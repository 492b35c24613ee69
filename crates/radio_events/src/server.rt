//! Who applies the events of connections.

ghost use Rattle.std.specs.Prelude.{◌≡◌, IfOk, OnErr};
ghost use Rattle.radio_events.specs.declared.event.Event.{Event as EventOf};
ghost use Rattle.radio_events.specs.declared.event.Event.TheVariants.{Draw};

use crate::{Event, OutOfMemory, Reply};
use radio_values::MountName;

/// Who applies the events of connections: a core, or whoever has one.
pub trait Server {
    ghost use Rattle.radio_events.specs.Servers.{Steps};

    // from one state the event is answered by the reply, and leaves the other state
    ghost steps: { Steps Self };

    // in this state the event may be refused for want of memory
    ghost refuses: { Self → EventOf → Type 0 };

    /// Applies an event. `OutOfMemory` if memory was refused; nothing has changed then.
    fn apply(&mut self, event: Event) -> Result<Reply, OutOfMemory>
        ensures ok { IfOk result (λ reply. steps self.old event reply self.new) }
        ensures err { OnErr result (self.new ≡ self.old) }
        ensures refused { OnErr result (refuses self.old event) };

    /// Applies an [`Event::Draw`] of the listener of this number, which has room for so many bytes. Draws are most of what a
    /// server does, so it may answer them by a shorter way. `OutOfMemory` if memory was refused; nothing has changed then.
    fn draw(&mut self, id: u64, room: u32) -> Result<Reply, OutOfMemory>
        ensures ok { IfOk result (λ reply. steps self.old (Draw id room) reply self.new) }
        ensures err { OnErr result (self.new ≡ self.old) }
        ensures refused { OnErr result (refuses self.old (Draw id room)) }
    {
        self.apply(Event::Draw { id, room })
    }

    /// The mount where the listener of this number sits, or sat last, if it is one. It takes no memory.
    fn last_mount(&self, id: u64) -> Option<MountName>;
}
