//! What no clause says and no program shows: every key read back, and how names are ordered. Texts with their faults are rows of the end-to-end scripts.

mod dashes;
mod every_key;
mod names;
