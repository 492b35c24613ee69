//! A bounded queue of blocks: what nobody sees of it who listens. What listeners are given is in the end-to-end scripts.

use bytes::Bytes;
use radio_blocks::{Block, BlockQueue, DrawFault, OutOfMemory, Pieces, Place};
use std::alloc::Global;

/// Blocks of four bytes.
const FOUR_EACH: &[&[u8]] = &[b"abcd", b"efgh", b"ijkl", b"mnop"];

type Blocks = &'static [&'static [u8]];

/// The limit at the first push and at all others, what is pushed, and where the kept blocks begin after the last push.
const OFFSETS: &[(u64, u64, Blocks, u64)] = &[
    (10, 10, &[b"abcd", b"efgh", b"ijkl"], 0),
    (10, 10, FOUR_EACH, 4),
    // the limit exactly reached
    (8, 8, FOUR_EACH, 8),
    (9, 9, FOUR_EACH, 4),
    (1, 1, FOUR_EACH, 12),
    // a block larger than the limit
    (3, 3, &[b"a", b"b", b"cdefgh"], 2),
    (3, 3, &[b"abcdef", b"g", b"h"], 0),
    (10, 10, &[], 0),
    // another limit later
    (0, 5, FOUR_EACH, 8),
    (100, 0, FOUR_EACH, 16),
    (1, 100, FOUR_EACH, 0),
];

/// A queue after these pushes.
fn queue_of(
    alloc: Global,
    first: u64,
    other: u64,
    blocks: &[&[u8]],
) -> Result<BlockQueue, OutOfMemory> {
    let mut queue = BlockQueue::new(alloc, first);
    for bytes in blocks {
        push(alloc, &mut queue, *bytes)?;
        queue.set_limit(other);
    }
    Ok(queue)
}

fn push(alloc: Global, queue: &mut BlockQueue, bytes: &[u8]) -> Result<(), OutOfMemory> {
    let shared = Bytes::copy_from_slice(alloc, bytes)?;
    match Block::new(shared) {
        Some(block) => push_block(queue, block),
        None => Ok(()),
    }
}

/// Pushes a block where the stream has room for it, as each test's has.
pub fn push_block(queue: &mut BlockQueue, block: Block) -> Result<(), OutOfMemory> {
    let end = queue.end().bytes_before();
    if end.checked_add(block.len() as u64).is_none() {
        drop(block);
        return Ok(());
    }
    queue.push(block)?;
    Ok(())
}

fn offset_of(alloc: Global, first: u64, other: u64, blocks: &[&[u8]]) -> Result<u64, OutOfMemory> {
    let queue = queue_of(alloc, first, other, blocks)?;
    Ok(queue.offset().bytes_before())
}

/// Pushes so many handles on a block.
fn push_shared(queue: &mut BlockQueue, block: &Block, count: u32) -> Result<(), OutOfMemory> {
    for _ in 0..count {
        push_block(queue, block.share()?)?;
    }
    Ok(())
}

/// The place behind so many blocks of 4096 bytes, of which the last ones are kept.
fn end_of_many(alloc: Global, count: u32) -> Result<u64, OutOfMemory> {
    let mut queue = BlockQueue::new(alloc, 8192);
    push_many(alloc, &mut queue, count)?;
    Ok(queue.end().bytes_before())
}

fn push_many(alloc: Global, queue: &mut BlockQueue, count: u32) -> Result<(), OutOfMemory> {
    match Block::new(Bytes::copy_from_slice(alloc, [7; 4096].as_slice())?) {
        Some(block) => push_shared(queue, &block, count),
        None => Ok(()),
    }
}

#[test]
fn a_stream_of_more_than_a_gigabyte(rt: HostRuntime) {
    assert!(rt; end_of_many(rt.alloc(), 300_000) == Ok(1_228_800_000));
}

// rule: Kept stream
#[test]
fn kept_tail(rt: HostRuntime) {
    for (first, other, blocks, offset) in OFFSETS {
        assert!(rt; offset_of(rt.alloc(), *first, *other, blocks) == Ok(*offset));
    }
}

/// Whether a draw inside a block gives a slice of each block, and the place behind.
fn draws_slices(alloc: Global) -> Result<bool, OutOfMemory> {
    let queue = queue_of(alloc, 10, 10, &FOUR_EACH[..3])?;
    let mut pieces = Pieces::new(alloc);
    let drawn = queue.draw(Place::new(2), 5, &mut pieces);
    let slices = pieces.slices();
    Ok(drawn == Ok(Place::new(7)) && are_two(slices))
}

/// Whether they are the two slices.
fn are_two(slices: &[Bytes]) -> bool {
    match slices {
        [first, second] => {
            first.as_slice() == b"cd".as_slice() && second.as_slice() == b"efg".as_slice()
        }
        _ => false,
    }
}

#[test]
fn draw_of_two_slices(rt: HostRuntime) {
    assert!(rt; draws_slices(rt.alloc()) == Ok(true));
}

/// Whether bursts begin where they should in three blocks of four bytes, and a place is as far behind as
/// it is.
fn begins_bursts(alloc: Global) -> Result<bool, OutOfMemory> {
    let queue = queue_of(alloc, 10, 10, &FOUR_EACH[..3])?;
    Ok(
        queue.start_for(9) == Place::new(4)
            && queue.start_for(3) == Place::new(12)
            && queue.lag(Place::new(7)) == 5,
    )
}

#[test]
fn starts_of_bursts(rt: HostRuntime) {
    assert!(rt; begins_bursts(rt.alloc()) == Ok(true));
}

/// Whether a draw at the opening place is refused once the first of four blocks is not kept any more, and
/// hands out nothing.
fn trims_the_opening(alloc: Global) -> Result<bool, OutOfMemory> {
    let queue = queue_of(alloc, 10, 10, FOUR_EACH)?;
    let mut pieces = Pieces::new(alloc);
    let drawn = queue.draw(Place::new(0), 100, &mut pieces);
    Ok(drawn == Err(DrawFault::Trimmed) && pieces.slices().is_empty())
}

#[test]
fn draw_of_what_is_forgotten(rt: HostRuntime) {
    assert!(rt; trims_the_opening(rt.alloc()) == Ok(true));
}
=-=-=-=-=
TASK TO COMPLETE – Transcribe the full listing, word for word.

RESPONSE BELOW –
repository 492b35c24613ee69
filename crates/radio_events/src/server.rt
//! Who applies the events of connections.

ghost use Rattle.std.specs.Prelude.{◌≡◌, IfOk, OnErr};
ghost use Rattle.radio_events.specs.declared.event.Event.{Event as EventOf};
ghost use Rattle.radio_events.specs.declared.event.Event.TheVariants.{Draw};

use crate::{Event, OutOfMemory, Reply};
use radio_values::MountName;

/// Who applies the events of connections: a core, or whoever has one.
pub trait Server {
    ghost use Rattle.radio_events.specs.Servers.{Steps};

    // from one state the event is answered by the reply, and leaves the other state
    ghost steps: { Steps Self };

    // in this state the event may be refused for want of memory
    ghost refuses: { Self → EventOf → Type 0 };

    /// Applies an event. `OutOfMemory` if memory was refused; nothing has changed then.
    fn apply(&mut self, event: Event) -> Result<Reply, OutOfMemory>
        ensures ok { IfOk result (λ reply. steps self.old event reply self.new) }
        ensures err { OnErr result (self.new ≡ self.old) }
        ensures refused { OnErr result (refuses self.old event) };

    /// Applies an [`Event::Draw`] of the listener of this number, which has room for so many bytes. Draws are most of what a
    /// server does, so it may answer them by a shorter way. `OutOfMemory` if memory was refused; nothing has changed then.
    fn draw(&mut self, id: u64, room: u32) -> Result<Reply, OutOfMemory>
        ensures ok { IfOk result (λ reply. steps self.old (Draw id room) reply self.new) }
        ensures err { OnErr result (self.new ≡ self.old) }
        ensures refused { OnErr result (refuses self.old (Draw id room)) }
    {
        self.apply(Event::Draw { id, room })
    }

    /// The mount where the listener of this number sits, or sat last, if it is one. It takes no memory.
    fn last_mount(&self, id: u64) -> Option<MountName>;
}
//! What no clause says and no program shows: every key read back, and how names are ordered. Texts with their faults are rows of the end-to-end scripts.

mod dashes;
mod every_key;
mod names;
repository 492b35c24613ee69
//! A bounded queue of blocks: what nobody sees of it who listens. What listeners are given is in the end-to-end scripts.

use bytes::Bytes;
use radio_blocks::{Block, BlockQueue, DrawFault, OutOfMemory, Pieces, Place};
use std::alloc::Global;

/// Blocks of four bytes.
const FOUR_EACH: &[&[u8]] = &[b"abcd", b"efgh", b"ijkl", b"mnop"];

type Blocks = &'static [&'static [u8]];

/// The limit at the first push and at all others, what is pushed, and where the kept blocks begin after the last push.
const OFFSETS: &[(u64, u64, Blocks, u64)] = &[
    (10, 10, &[b"abcd", b"efgh", b"ijkl"], 0),
    (10, 10, FOUR_EACH, 4),
    // the limit exactly reached
    (8, 8, FOUR_EACH, 8),
    (9, 9, FOUR_EACH, 4),
    (1, 1, FOUR_EACH, 12),
    // a block larger than the limit
    (3, 3, &[b"a", b"b", b"cdefgh"], 2),
    (3, 3, &[b"abcdef", b"g", b"h"], 0),
    (10, 10, &[], 0),
    // another limit later
    (0, 5, FOUR_EACH, 8),
    (100, 0, FOUR_EACH, 16),
    (1, 100, FOUR_EACH, 0),
];

/// A queue after these pushes.
fn queue_of(
    alloc: Global,
    first: u64,
    other: u64,
    blocks: &[&[u8]],
) -> Result<BlockQueue, OutOfMemory> {
    let mut queue = BlockQueue::new(alloc, first);
    for bytes in blocks {
        push(alloc, &mut queue, *bytes)?;
        queue.set_limit(other);
    }
    Ok(queue)
}

fn push(alloc: Global, queue: &mut BlockQueue, bytes: &[u8]) -> Result<(), OutOfMemory> {
    let shared = Bytes::copy_from_slice(alloc, bytes)?;
    match Block::new(shared) {
        Some(block) => push_block(queue, block),
        None => Ok(()),
    }
}

/// Pushes a block where the stream has room for it, as each test's has.
pub fn push_block(queue: &mut BlockQueue, block: Block) -> Result<(), OutOfMemory> {
    let end = queue.end().bytes_before();
    if end.checked_add(block.len() as u64).is_none() {
        drop(block);
        return Ok(());
    }
    queue.push(block)?;
    Ok(())
}

fn offset_of(alloc: Global, first: u64, other: u64, blocks: &[&[u8]]) -> Result<u64, OutOfMemory> {
    let queue = queue_of(alloc, first, other, blocks)?;
    Ok(queue.offset().bytes_before())
}

/// Pushes so many handles on a block.
fn push_shared(queue: &mut BlockQueue, block: &Block, count: u32) -> Result<(), OutOfMemory> {
    for _ in 0..count {
        push_block(queue, block.share()?)?;
    }
    Ok(())
}

/// The place behind so many blocks of 4096 bytes, of which the last ones are kept.
fn end_of_many(alloc: Global, count: u32) -> Result<u64, OutOfMemory> {
    let mut queue = BlockQueue::new(alloc, 8192);
    push_many(alloc, &mut queue, count)?;
    Ok(queue.end().bytes_before())
}

fn push_many(alloc: Global, queue: &mut BlockQueue, count: u32) -> Result<(), OutOfMemory> {
    match Block::new(Bytes::copy_from_slice(alloc, [7; 4096].as_slice())?) {
        Some(block) => push_shared(queue, &block, count),
        None => Ok(()),
    }
}

#[test]
fn a_stream_of_more_than_a_gigabyte(rt: HostRuntime) {
    assert!(rt; end_of_many(rt.alloc(), 300_000) == Ok(1_228_800_000));
}

// rule: Kept stream
#[test]
fn kept_tail(rt: HostRuntime) {
    for (first, other, blocks, offset) in OFFSETS {
        assert!(rt; offset_of(rt.alloc(), *first, *other, blocks) == Ok(*offset));
    }
}

/// Whether a draw inside a block gives a slice of each block, and the place behind.
fn draws_slices(alloc: Global) -> Result<bool, OutOfMemory> {
    let queue = queue_of(alloc, 10, 10, &FOUR_EACH[..3])?;
    let mut pieces = Pieces::new(alloc);
    let drawn = queue.draw(Place::new(2), 5, &mut pieces);
    let slices = pieces.slices();
    Ok(drawn == Ok(Place::new(7)) && are_two(slices))
}

/// Whether they are the two slices.
fn are_two(slices: &[Bytes]) -> bool {
    match slices {
        [first, second] => {
            first.as_slice() == b"cd".as_slice() && second.as_slice() == b"efg".as_slice()
        }
        _ => false,
    }
}

#[test]
fn draw_of_two_slices(rt: HostRuntime) {
    assert!(rt; draws_slices(rt.alloc()) == Ok(true));
}

/// Whether bursts begin where they should in three blocks of four bytes, and a place is as far behind as
/// it is.
fn begins_bursts(alloc: Global) -> Result<bool, OutOfMemory> {
    let queue = queue_of(alloc, 10, 10, &FOUR_EACH[..3])?;
    Ok(
        queue.start_for(9) == Place::new(4)
            && queue.start_for(3) == Place::new(12)
            && queue.lag(Place::new(7)) == 5,
    )
}

#[test]
fn starts_of_bursts(rt: HostRuntime) {
    assert!(rt; begins_bursts(rt.alloc()) == Ok(true));
}

/// Whether a draw at the opening place is refused once the first of four blocks is not kept any more, and
/// hands out nothing.
fn trims_the_opening(alloc: Global) -> Result<bool, OutOfMemory> {
    let queue = queue_of(alloc, 10, 10, FOUR_EACH)?;
    let mut pieces = Pieces::new(alloc);
    let drawn = queue.draw(Place::new(0), 100, &mut pieces);
    Ok(drawn == Err(DrawFault::Trimmed) && pieces.slices().is_empty())
}

#[test]
fn draw_of_what_is_forgotten(rt: HostRuntime) {
    assert!(rt; trims_the_opening(rt.alloc()) == Ok(true));
}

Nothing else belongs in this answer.